Project 3: Scene Recognition with Bag of Words

Tala Huhe (thuhe)

Overview

Scene recognition is a basic computer vision task. The goal of scene recognition is to determine the category any input image falls in. This is a task that humans are fundamentally very good at but computers often struggle with, due to the many possible representations of an image.

One such representations is a bag of words model. Inspired by natural language processing literature, this model discards all spacial information in an image. Instead, the image is considered as a set (i.e. bag) of features (the words in our model).

In this project, we implement a scene categorizer using the bag of words representation for our images. Since this algorithm does not account for spacial relationships between our features, we are bound to miscategorize some scenes. It turns out in practice that this algorithm performs well enough for our purposes.

Fifteen images that were correctly classified as houses in the suburbs by our method.

Algorithm

Below is a rough outline of our algorithm.

We begin by extracting features from our training images. These features will help us build a vocabulary of words, which we will use to classify images.
We the cluster all of the features we found from all of the images. We then use the center of each cluster we found as a different word in our image vocabulary.
We take the features that we extracted from each image, and categorize each feature as the word it is closest to. By doing this, we have constructed our bag of words representation -- each image is simply a collection of words in our vocabulary.
We take our bag of words representation and construct a histogram detailing which words each image contains. We will use this to represent the image as a whole during testing time.
For each class of images, we build a classifier for all testing images in that class. We train the classifier using our histogram representation.
Finally, during testing time, we can determine whether an image falls into a class by using our classifier.

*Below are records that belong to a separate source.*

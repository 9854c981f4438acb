//! Machine words with two infinities, their directed arithmetic and their text, and the records and
//! replies that are made of them.
#![tactic(auto)]

#[cfg(test)]
mod edges;
pub mod laws;
mod number;
mod record;
#[cfg(test)]
mod tests;
mod text;

pub use number::{Word, add_down, add_up, encloses, ge, gt, max, min, mul_down, mul_up, neg, same};
pub use record::{Counts, Due, Kind, Record, Reply, Turn, Why, fields, pair_count};
pub use text::{WordErr, read_word, reread, write_word};
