//! What the verdict after an edit is worth: it is that on the whole certificate, where the certificate from before the edit was accepted.
//!
//! Nothing runs here; the functions of [`laws`] stand for the laws. They take as a premise that a function keeps its view whose words,
//! and all words outside of bodies, are those that they were (`specs/Laws.antt`).
#![tactic(auto)]

pub mod laws;
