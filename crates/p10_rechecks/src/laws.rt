//! The laws: each function does nothing, and its contract is the law.

ghost use Rattle.p10_rechecks.specs.Laws.{RechecksAsWhole, RangesRecheckAsWhole};

/// The verdict after an edit is that on the whole certificate.
pub fn rechecks_as_whole()
    ensures { RechecksAsWhole }
{}

/// The same with the evidence of ranges, before the edit and after it.
pub fn ranges_recheck_as_whole()
    ensures { RangesRecheckAsWhole }
{}
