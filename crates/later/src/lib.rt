// Keeping the later of two values, for every kind of value under every total order.
//
// Recovery meets values in any order, since the logs are never merged, and keeps in each place of the caller's slice
// the later of two. So in the end each place has the latest of what came to it, whatever the order and however often
// each value came. `KeepsTheLatest` says so, and `keep_later` is proved to do it for every kind of value that has a
// total order.
//
// Two kinds are kept so: the commit number of each set, of which the larger stays, and the marks of the page bytes, of
// which the one with the larger stamp stays. Both rank by the library's order of their types.
#![tactic(auto)]

ghost use Rattle.std.specs.Prelude.{◌≡◌, Bool, nat_le};
ghost use Rattle.later.specs.Order.{TotalOrder, TellsApart, upto_by};
ghost use Rattle.later.specs.Keeping.{kept_later, KeepsTheLatest, KeptBy};
ghost use Rattle.later.specs.Stamps.{mark_upto};
ghost use Rattle.later.specs.Fields.{numbers_ordered};
ghost use Rattle.later.specs.Marks.{marks_ordered};

// A kind of value with a total order: `upto x y` says that `x` is no later than `y`.
pub trait Ranked {
    ghost upto: { Self → Self → Bool };

    // Whether this value is no later than the other.
    fn is_upto(&self, other: &Self) -> bool
        ensures { result ≡ upto self.now other.now };

    ghost order: { TotalOrder upto };
}

// Whether a value is no later than the other, by the order of its type. Where that order tells different values apart, it
// is one to keep them by; those of commit numbers and of marks do.
#[tactic(auto, using(crate::specs::Apart::numbers_apart, crate::specs::Apart::marks_apart))]
pub fn is_upto<T: Ord>(x: &T, other: &T) -> bool
    ensures value { result ≡ upto_by T.cmp x.now other.now }
    ensures lawful { TellsApart T.cmp → KeepsTheLatest (upto_by T.cmp) }
    ensures numbers { TellsApart ⟦<u8 as Ord>⟧.cmp }
    ensures marks { TellsApart ⟦<Mark as Ord>⟧.cmp }
{
    x <= other
}

// Commit numbers: the larger is the later.
impl Ranked for u8 {
    ghost upto = { nat_le };

    ghost order = { numbers_ordered };

    fn is_upto(&self, other: &u8) -> bool {
        *self <= *other
    }
}

// Marks: the one with the larger stamp is the later.
impl Ranked for Mark {
    ghost upto = { mark_upto };

    ghost order = { marks_ordered };

    fn is_upto(&self, other: &Mark) -> bool {
        is_upto(self, other)
    }
}

// Keeps in one place of the slice the later of what is there and the new value. A place past the end changes
// nothing.
#[tactic(auto, using(crate::proofs::Derived::numbers_kept, crate::proofs::Derived::marks_kept))]
pub fn keep_later<T: Ranked + Copy>(kept: &mut [T], at: usize, new: T)
    ensures after { kept.new ≡ kept_later T.upto kept.old at new }
    ensures lawful { KeepsTheLatest T.upto }
    ensures numbers { KeptBy ⟦<u8 as Ord>⟧.cmp nat_le }
    ensures marks { KeptBy ⟦<Mark as Ord>⟧.cmp mark_upto }
{
    // by the index: of a write through `get_mut` the proof learns nothing
    if at < kept.len() && kept[at].is_upto(&new) {
        kept[at] = new;
    }
}

// Where a record stands: a block of a drive.
#[derive(Clone, Copy, Debug, PartialEq, Eq, PartialOrd, Ord)]
pub struct Place {
    pub drive: u16,
    pub block: u16,
}

// Where a byte of a page comes from. Stamps of different kinds rank in the order of the kinds here, and stamps of
// one kind by their fields, the first in which they differ: that is the derived order. The fields of the third kind stand
// in the kind itself: in a struct of their own they would make a mark, of which a caller lends one for each page byte, a
// quarter larger.
#[derive(Clone, Copy, Debug, PartialEq, Eq, PartialOrd, Ord)]
pub enum Stamp {
    // the drive's own byte
    Drive,
    // the before byte of a change whose set has no commit number
    Before(Place),
    // the after byte of a change whose set has one
    After {
        commit: u8,
        set: u8,
        step: u32,
        place: Place,
    },
}

// A byte of a page with its stamp.
#[derive(Clone, Copy, Debug, PartialEq, Eq, PartialOrd, Ord)]
pub struct Mark {
    pub stamp: Stamp,
    pub byte: u8,
}
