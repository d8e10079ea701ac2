// What pairs say of the content of a page: the bytes in their runs, taken out of it or put into it.
//
// Both go run by run, and touch only the bytes that the pairs cover.
ghost use Rattle.std.specs.Prelude.{◌≡◌, ◌≤◌, true, [], length, take, if◌then◌else◌};
ghost use Rattle.change.specs.Pairs.{in_order, well_paired, covering};
ghost use Rattle.change.specs.Pairs.{total as sum_of};
ghost use Rattle.change.specs.Edits.{gathered, overlaid};

use crate::put;
use crate::runs::{Pair, covers, total};
use block::PAGE_BYTES;

// The bytes in the runs of pairs that stand in order, joined at the front of a buffer; answers how many there are.
fn gather_runs(pairs: &[Pair], content: &[u8; PAGE_BYTES], joined: &mut [u8; PAGE_BYTES]) -> usize
    requires { in_order 0 pairs.now ≡ true }
    ensures count { result ≡ sum_of pairs.now }
    ensures most { result ≤ 240 }
    ensures front { take result joined.new ≡ gathered pairs.now content.now }
{
    // `at` is the answer too: with the buffer cut by `split_at_mut` it would have to be counted all the same.
    let mut at = 0;
    for pair in pairs {
        let from = pair.offset as usize;
        let n = pair.length as usize;
        put(joined, at, &content[from..from + n]);
        at += n;
    }
    at
}

// The bytes of a page's content in the runs of the pairs, joined at the front of a buffer; answers how many there are: none
// where the pairs cannot stand in a change. It answers no part of the buffer: of what it lent on, the caller's buffer would
// be known no more.
pub fn gather(pairs: &[Pair], content: &[u8; PAGE_BYTES], joined: &mut [u8; PAGE_BYTES]) -> usize
    ensures count { result ≡ (if well_paired pairs.now then sum_of pairs.now else 0) }
    ensures most { result ≤ 240 }
    ensures front { take result joined.new ≡ (if well_paired pairs.now then gathered pairs.now content.now else []) }
{
    if total(pairs).is_none() {
        return 0;
    }
    gather_runs(pairs, content, joined)
}

// Puts joined bytes into the runs of pairs that stand in order.
fn overlay_runs(pairs: &[Pair], bytes: &[u8], content: &mut [u8; PAGE_BYTES])
    requires order { in_order 0 pairs.now ≡ true }
    requires count { length bytes.now ≡ sum_of pairs.now }
    ensures { content.new ≡ overlaid pairs.now bytes.now content.old }
{
    // cut off as it goes: an iterator of the runs would be longer than this
    let mut rest = bytes;
    for pair in pairs {
        let (run, behind) = rest.split_at(pair.length as usize);
        put(content, pair.offset as usize, run);
        rest = behind;
    }
}

// Puts joined bytes into the runs of the pairs, in the content of a page; nothing is done where the pairs cannot stand in a
// change or the bytes are not as many as they cover. Pairs and bytes come as a caller has them, in two slices.
pub fn overlay(pairs: &[Pair], bytes: &[u8], content: &mut [u8; PAGE_BYTES])
    ensures { content.new ≡ (if covering pairs.now (length bytes.now) then overlaid pairs.now bytes.now content.old else content.old) }
{
    if covers(pairs, bytes.len()) {
        overlay_runs(pairs, bytes, content);
    }
}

The following image, taken from Chatfield et al., is a rough description of our pipeline:

Feature Extraction

We use SIFT vectors to represent features in our images. They are constructed by computing histograms of oriented gradients in multiple directions and scales.

Some nice properties of these vectors are invariance to scale, orientation, and affine transforms. They are also partially invariant to brightness shifts. Because of these properties, they are a fairly standard way of representing features in images. We extract SIFT vectors at densely at regular intervals in our testing image.

Visual Vocabulary

We cluster our SIFT vectors using k-means, where k is the desired size of our vocabulary. This will effectively separate our domain of features into several discrete classes. We consider each of these classes to be a separate vocabulary word.

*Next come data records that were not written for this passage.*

// Pairs of offset and length: the runs of bytes of a page that a change touches.
ghost use Rattle.std.specs.Prelude.{◌≡◌, ◌<◌, ◌≤◌, length, IfSome, if◌then◌else◌, Some, None, MatchOption, slice_index, map};
ghost use Rattle.std.specs.List.{between};
ghost use Rattle.change.specs.Pairs.{end_of, follows, in_order, total_in, covering, slots_of, pair_bytes, pair_at, pairs_in};
ghost use Rattle.change.specs.Pairs.{total as sum_of};

use block::{PAGE_BYTES, word};
use std::array;

// A run of bytes of a page: where it starts, and how many bytes it has.
#[derive(Clone, Copy, Default, PartialEq, Eq, Debug)]
pub struct Pair {
    pub offset: u16,
    pub length: u16,
}

impl Pair {
    // Where the run ends.
    fn end(self) -> usize
        ensures { result ≡ end_of self }
    {
        self.offset as usize + self.length as usize
    }

    // Whether the run has a byte, starts at `from` or behind, and ends within the page.
    fn starts_after(self, from: usize) -> bool
        ensures { result ≡ follows from self }
    {
        self.length >= 1 && self.offset as usize >= from && self.end() <= PAGE_BYTES
    }

    // The pair in four bytes.
    fn bytes(self) -> [u8; 4]
        ensures { result ≡ pair_bytes self }
    {
        // two writes into an array would be no shorter
        let [a, b] = self.offset.to_le_bytes();
        let [c, d] = self.length.to_le_bytes();
        [a, b, c, d]
    }

    // The pair in the first four bytes.
    fn read(bytes: &[u8]) -> Pair
        ensures { result ≡ pair_at bytes.now 0 }
    {
        Pair {
            offset: word(bytes, 0),
            length: word(bytes, 2),
        }
    }
}

// The sum of the lengths, where the pairs stand in order.
fn sum_in_order(pairs: &[Pair]) -> Option<usize>
    ensures value { result ≡ (if in_order 0 pairs.now then Some (sum_of pairs.now) else None) }
    ensures bound { IfSome result (λ n. n ≤ 240) }
{
    // `try_fold` was tried: that the sum fits follows from both running values, and of those a closure is told nothing
    let mut end = 0;
    let mut sum = 0;
    for p in pairs {
        if !p.starts_after(end) {
            return None;
        }
        end = p.end();
        sum += p.length as usize;
    }
    Some(sum)
}

// The sum of the lengths, where the pairs can stand in a change: 1 to 4 of them, each with a length, within the
// page, and none before the end of the one before it.
pub fn total(pairs: &[Pair]) -> Option<usize>
    ensures value { result ≡ total_in pairs.now }
    ensures bound { IfSome result (λ n. n ≤ 240) }
{
    if pairs.is_empty() || pairs.len() > 4 {
        return None;
    }
    sum_in_order(pairs)
}

// Whether the pairs can stand in a change and cover so many bytes.
pub fn covers(pairs: &[Pair], bytes: usize) -> bool
    ensures { result ≡ covering pairs.now bytes }
{
    total(pairs) == Some(bytes)
}

// The first four pairs, with empty ones where there are fewer.
fn slots(pairs: &[Pair]) -> [Pair; 4]
    ensures { result ≡ slots_of pairs.now }
{
    array::from_fn(|i| pairs.get(i).copied().unwrap_or_default())
}

// The first four pairs in four bytes each, with zeros where there are fewer.
pub(crate) fn slot_bytes(pairs: &[Pair]) -> [[u8; 4]; 4]
    ensures { result ≡ map pair_bytes (slots_of pairs.now) }
{
    slots(pairs).map(Pair::bytes)
}

// At most four pairs, held by value: there is no heap, and a change, which holds them beside what it borrows, is `Copy` to
// callers. With a model here, or the kit's vector of a fixed capacity, it would not be; so the invariant is a ghost field.
#[derive(Clone, Copy)]
pub struct Pairs {
    slots: [Pair; 4],
    count: usize,
    ghost few: { count ≤ 4 },
}

impl Pairs {
    ghost use Rattle.change.specs.Held.{listed};

    // These pairs, in any order; refused where there are more than four.
    pub fn new(pairs: &[Pair]) -> Option<Pairs>
        ensures { MatchOption result (4 < length pairs.now) (λ held. listed held ≡ pairs.now) }
    {
        if pairs.len() > 4 {
            return None;
        }
        Some(Pairs {
            slots: slots(pairs),
            count: pairs.len(),
        })
    }

    // The pairs that stand in a block where a change has its pairs, if byte 1 counts no more than four.
    pub(crate) fn read(block: &[u8; 512]) -> Option<Pairs>
        ensures { MatchOption result (4 < slice_index block.now 1) (λ held. listed held ≡ pairs_in (slice_index block.now 1) (between 16 32 block.now)) }
    {
        let all: [Pair; 4] = array::from_fn(|i| Pair::read(&block[16 + 4 * i..]));
        Pairs::new(all.get(..block[1] as usize)?)
    }

    // The pairs that are held.
    pub(crate) fn as_slice(&self) -> &[Pair]
        ensures value { result.now ≡ listed self.now }
        ensures few { length result.now ≤ 4 }
    {
        &self.slots[..self.count]
    }
}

In order to determine which words occur in an image, we first extract feature vectors from each image. We assume that each feature is an occurance of the word that is most similar to it. This makes vocabulary words rather inconsistent, as every random texture in the image is regarded as meaningful to some degree. Below are 100 instances of one vocabulary word. It seems to correspond to vertical edges.

Classification

We generate a histogram for each image containing the number of occurances of each visual word. We feed these histograms into a SVM for classification. At testing time, we test an image using all of our classifiers and use the classifer which reports the highest confidence.

To get an idea of word distribution, below are some histograms for our images. In each graph, the X axis represents different visual words that occur. The Y axis represents the relative frequency of each visual word within the image.

Results

This method performed fairly well. Below are some test results:

Fifteen images that our algorithm recognized as coastal images.

Five coastal images that our algorithm fail to classify as coastal.

Five images of roads that our algorithm incorrectly classified as coastal.

We can statistically judge our results by building a confusion matrix for our classifications. The rows of this matrix represent ground truth classes, and the columns represent what the classifiers categorized the image as. Thus, the ideal confusion matrix is an NxN identity matrix, where N is the number of classes we want to categorize in. Below is our confusion matrix:

Qualitatively, the average of the values on our diagonal is about 0.6273. This implies we have about a 62.73% accuracy on our classifications.